▶ PROMPT
Lines that include "fill" make up the answer; copy all of them from the data below.

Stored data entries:
//! The entries of a journal, read from its disk.

ghost use Rattle.std.specs.Prelude.{◌≡◌, ◌⊎◌, ◌↔◌, ◌+◌, ◌<◌, ◌≤◌, ◌^◌, [], false, true, length, drop, take, IfErr, IfNone, IfOk, IfSome, IsTrue, None, OnOk, Some};
ghost use Rattle.acl_model.specs.Effects.{state_after};
ghost use Rattle.acl_ports.specs.Crash.{IsImage, LeavesOnly, all_synced};
ghost use Rattle.acl_ports.specs.Faults.{next_count};
ghost use Rattle.acl_journal.specs.Recovery.{GoesOn, HasNoRecord, IsOpenOrNone, NoneIsAccepted, TakesEntry};
ghost use Rattle.acl_journal.specs.Refusals.{IsForeignRefusal, IsOpenRefusal, IsRefusedAs};
ghost use Rattle.entry_bytes.specs.Spelling.{HasBytes, bytes_of};
ghost use Rattle.journal_bytes.specs.Damage.{IsDamagedAt};
ghost use Rattle.journal_bytes.specs.Files.{StandsFor, file_size, header, most_bytes};
ghost use Rattle.journal_disk.specs.Read.{BeginsClosed, OnlyReads};

use crate::refusal::refusal_at;
use crate::{OpenRefusal, Replay};
use acl_items::Items;
use acl_ports::Disk;
use acl_stmt::Entry;
use entry_reading::{DecodeRefusal, decode};
use journal_disk::{Front, fill, front_at, record_at};
use std::alloc::{AllocError, Global};

static HEADER: [u8; 8] = *b"ACLBOOK1";

// A header and a gate.
const LEAST_BYTES: u64 = 9;

const FIRST_GATE: u64 = 8;

// The most entries of a journal.
const MOST_ENTRIES: usize = 65_536;

// The entry whose bytes these are, or None where they are no entry's.
fn entry_of(alloc: Global, payload: &[u8]) -> Result<Option<Entry>, AllocError>
    requires { length payload.now < 2 ^ 32 }
    ensures bytes { IfOk result (λ found. IfSome found (λ entry. payload.now ≡ bytes_of entry)) }
    ensures written { IfOk result (λ found. IfSome found HasBytes) }
    ensures none { IfOk result (λ found. IfNone found ((entry : Entry) → HasBytes entry → payload.now ≡ bytes_of entry → ⊥)) }
{
    match decode(alloc, payload) {
        Ok(entry) => Ok(Some(entry)),
        Err(DecodeRefusal::BadEntry { .. }) => Ok(None),
        Err(DecodeRefusal::NoMemory) => Err(AllocError),
    }
}

// Carries out an entry and puts it behind the others, if it is accepted.
fn keep_entry<R: Replay>(
    alloc: Global,
    entry: Entry,
    replay: &mut R,
    entries: &mut Items<Entry>,
) -> Result<bool, AllocError>
    requires { HasBytes entry }
    ensures taken { IfOk result (λ is_taken. is_taken ≡ true
        → TakesEntry (bytes_of entry) (R.state replay.old) (R.state replay.new) entries.old entries.new) }
    ensures bad { IfOk result (λ is_taken. is_taken ≡ false → NoneIsAccepted (bytes_of entry) (R.state replay.old)) }
{
    let is_accepted = replay.replay(alloc, &entry)?;
    if is_accepted {
        entries.push(entry)?;
    }
    Ok(is_accepted)
}

// Carries out the entry with these bytes, and puts it behind the others.
fn take_entry<R: Replay>(
    alloc: Global,
    payload: &[u8],
    replay: &mut R,
    entries: &mut Items<Entry>,
) -> Result<bool, AllocError>
    requires { length payload.now < 2 ^ 32 }
    ensures taken { IfOk result (λ is_taken. is_taken ≡ true
        → TakesEntry payload.now (R.state replay.old) (R.state replay.new) entries.old entries.new) }
    ensures bad { IfOk result (λ is_taken. is_taken ≡ false → NoneIsAccepted payload.now (R.state replay.old)) }
{
    match entry_of(alloc, payload) {
        Ok(Some(entry)) => keep_entry(alloc, entry, replay, entries),
        Ok(None) => Ok(false),
        Err(error) => Err(error),
    }
}

// Reads the next entry from its record at that gate, and answers where the next gate is; None where the gate is not open.
fn next_entry<D: Disk, R: Replay>(
    alloc: Global,
    disk: &mut D,
    replay: &mut R,
    total: u64,
    gate: u64,
    entries: &mut Items<Entry>,
) -> Result<Option<u64>, OpenRefusal>
    requires { gate ≤ most_bytes }
    ensures next { IfOk result (λ found. IfSome found (λ next.
        GoesOn (D.content disk.old) gate next (R.state replay.old) (R.state replay.new) entries.old entries.new)) }
    ensures end { IfSome (D.content disk.old) (λ held. IfOk result (λ found. IfNone found (BeginsClosed (drop gate held)))) }
    ensures end_list { IfOk result (λ found. IfNone found (entries.new ≡ entries.old)) }
    ensures end_state { IfOk result (λ found. IfNone found (R.state replay.new ≡ R.state replay.old)) }
    ensures err { IfSome (D.content disk.old) (λ held. total ≡ length held → IfErr result (IsRefusedAs (λ offset.
        (offset ≡ gate) × HasNoRecord (drop gate held) gate (R.state replay.old)))) }
    ensures failed { IfErr result (λ refusal. refusal ≡ OpenRefusal.DiskFault
        → next_count (D.faults disk.old) ≤ D.faults disk.new) }
    ensures faults { D.faults disk.old ≤ D.faults disk.new }
    ensures quiet { OnlyReads D.content D.moment D.pending disk.old disk.new }
{
    match record_at(alloc, disk, total, gate) {
        Ok(Some(payload)) => {
            if take_entry(alloc, payload.as_slice(), replay, entries)? {
                Ok(Some(gate + 5 + payload.len() as u64))
            } else {
                Err(OpenRefusal::Damaged { offset: gate })
            }
        }
        Ok(None) => Ok(None),
        Err(fault) => Err(refusal_at(fault, gate)),
    }
}

// Nothing but a gate that is not open may stand there.
fn end_at<D: Disk>(disk: &mut D, gate: u64) -> Result<(), OpenRefusal>
    requires { gate ≤ most_bytes }
    ensures end { IfSome (D.content disk.old) (λ held. OnOk result (BeginsClosed (drop gate held))) }
    ensures err { IfSome (D.content disk.old) (λ held. IfErr result (IsRefusedAs (λ offset.
        (offset ≡ gate) × IsOpenOrNone (drop gate held)))) }
    ensures failed { IfErr result (λ refusal. refusal ≡ OpenRefusal.DiskFault
        → next_count (D.faults disk.old) ≤ D.faults disk.new) }
    ensures faults { D.faults disk.old ≤ D.faults disk.new }
    ensures quiet { OnlyReads D.content D.moment D.pending disk.old disk.new }
{
    match front_at(disk, gate) {
        Ok(Front::Closed) => Ok(()),
        Ok(_) => Err(OpenRefusal::Damaged { offset: gate }),
        Err(failed) => Err(OpenRefusal::from(failed)),
    }
}

// Reads the entries behind the header, and answers where the last gate is.
fn read_entries<D: Disk, R: Replay>(
    alloc: Global,
    disk: &mut D,
    replay: &mut R,
    total: u64,
    entries: &mut Items<Entry>,
) -> Result<u64, OpenRefusal>
    requires { entries.old ≡ [] }
    ensures list { IfSome (D.content disk.old) (λ held. take 8 held ≡ header
        → OnOk result (StandsFor (R.state replay.old) held entries.new)) }
    ensures gate { IfOk result (λ gate. gate + 1 ≡ file_size entries.new) }
    ensures small { OnOk result (file_size entries.new ≤ most_bytes) }
    ensures state { OnOk result (R.state replay.new ≡ state_after entries.new (R.state replay.old)) }
    ensures err { IfSome (D.content disk.old) (λ held. take 8 held ≡ header → 9 ≤ length held → total ≡ length held
        → IfErr result (IsRefusedAs (IsDamagedAt (R.state replay.old) held))) }
    ensures failed { IfErr result (λ refusal. refusal ≡ OpenRefusal.DiskFault
        → next_count (D.faults disk.old) ≤ D.faults disk.new) }
    ensures faults { D.faults disk.old ≤ D.faults disk.new }
    ensures quiet { OnlyReads D.content D.moment D.pending disk.old disk.new }
{
    let mut gate = FIRST_GATE;
    'records: while entries.len() < MOST_ENTRIES {
        match next_entry(alloc, disk, replay, total, gate, entries) {
            Ok(Some(next)) => gate = next,
            Ok(None) => return Ok(gate),
            Err(refusal) => return Err(refusal),
        }
    }
    match end_at(disk, gate) {
        Ok(()) => Ok(gate),
        Err(refusal) => Err(refusal),
    }
}

#[tactic(auto, unfolding(journal_bytes::specs::Files::header))]
fn is_header(bytes: &[u8]) -> bool
    ensures { IsTrue result ↔ (bytes.now ≡ header) }
{
    bytes == HEADER.as_slice()
}

// The file begins with the header, and has room for a gate behind it.
fn check_header<D: Disk>(disk: &mut D, total: u64) -> Result<(), OpenRefusal>
    ensures header { IfSome (D.content disk.old) (λ held. OnOk result (take 8 held ≡ header)) }
    ensures long { OnOk result (9 ≤ total) }
    ensures err { IfSome (D.content disk.old) (λ held. total ≡ length held → IfErr result (IsForeignRefusal held)) }
    ensures failed { IfErr result (λ refusal. refusal ≡ OpenRefusal.DiskFault
        → next_count (D.faults disk.old) ≤ D.faults disk.new) }
    ensures faults { D.faults disk.old ≤ D.faults disk.new }
    ensures quiet { OnlyReads D.content D.moment D.pending disk.old disk.new }
{
    if total < LEAST_BYTES {
        return Err(OpenRefusal::NotJournal);
    }
    let mut front = [0; 8];
    let count = fill(disk, 0, &mut front)?;
    if !is_header(&front[..count]) {
        return Err(OpenRefusal::NotJournal);
    }
    Ok(())
}

// Reads the journal from a disk on which nothing is in doubt, and answers where the last gate is.
fn read_journal<D: Disk, R: Replay>(
    alloc: Global,
    disk: &mut D,
    replay: &mut R,
    entries: &mut Items<Entry>,
) -> Result<u64, OpenRefusal>
    requires { entries.old ≡ [] }
    ensures list { IfSome (D.content disk.old) (λ held. OnOk result (StandsFor (R.state replay.old) held entries.new)) }
    ensures gate { IfOk result (λ gate. gate + 1 ≡ file_size entries.new) }
    ensures small { OnOk result (file_size entries.new ≤ most_bytes) }
    ensures state { OnOk result (R.state replay.new ≡ state_after entries.new (R.state replay.old)) }
    ensures err { IfSome (D.content disk.old) (λ held. IfErr result (IsOpenRefusal (R.state replay.old) held)) }
    ensures failed { IfErr result (λ refusal. refusal ≡ OpenRefusal.DiskFault
        → next_count (D.faults disk.old) ≤ D.faults disk.new) }
    ensures faults { D.faults disk.old ≤ D.faults disk.new }
    ensures quiet { OnlyReads D.content D.moment D.pending disk.old disk.new }
{
    let total = disk.length()?;
    check_header(disk, total)?;
    read_entries(alloc, disk, replay, total, entries)
}

/// Syncs the disk, reads the entries of its journal into an empty list, and answers where the last gate is.
pub(crate) fn recover<D: Disk, R: Replay>(
    alloc: Global,
    disk: &mut D,
    replay: &mut R,
    entries: &mut Items<Entry>,
) -> Result<u64, OpenRefusal>
    requires { entries.old ≡ [] }
    ensures list { IfSome (D.content disk.old) (λ held. OnOk result (StandsFor (R.state replay.old) held entries.new)) }
    ensures synced { IfSome (D.content disk.old) (λ held. OnOk result (
        (D.content disk.new ≡ Some held) × (D.pending disk.new (D.moment disk.new) ≡ all_synced (Some held)))) }
    ensures untold { IfNone (D.content disk.old) (D.content disk.new ≡ None) }
    ensures gate { IfOk result (λ gate. gate + 1 ≡ file_size entries.new) }
    ensures small { OnOk result (file_size entries.new ≤ most_bytes) }
    ensures state { OnOk result (R.state replay.new ≡ state_after entries.new (R.state replay.old)) }
    ensures err { IfSome (D.content disk.old) (λ held. IfErr result (IsOpenRefusal (R.state replay.old) held)) }
    ensures failed { IfErr result (λ refusal. refusal ≡ OpenRefusal.DiskFault
        → next_count (D.faults disk.old) ≤ D.faults disk.new) }
    ensures faults { D.faults disk.old ≤ D.faults disk.new }
    ensures kept { IfSome (D.content disk.old) (λ held. IfErr result (λ refusal. (refusal ≡ OpenRefusal.DiskFault)
        ⊎ (D.content disk.new ≡ Some held))) }
    ensures any_moment { IfSome (D.content disk.old) (λ held. LeavesOnly D.moment D.pending disk.old disk.new (λ image.
        IsImage (D.pending disk.old (D.moment disk.old)) image ⊎ (image ≡ held))) }
{
    disk.sync()?;
    read_journal(alloc, disk, replay, entries)
}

▶ SOLUTION FOR THIS PROBLEM
use journal_disk::{Front, fill, front_at, record_at};
    let count = fill(disk, 0, &mut front)?;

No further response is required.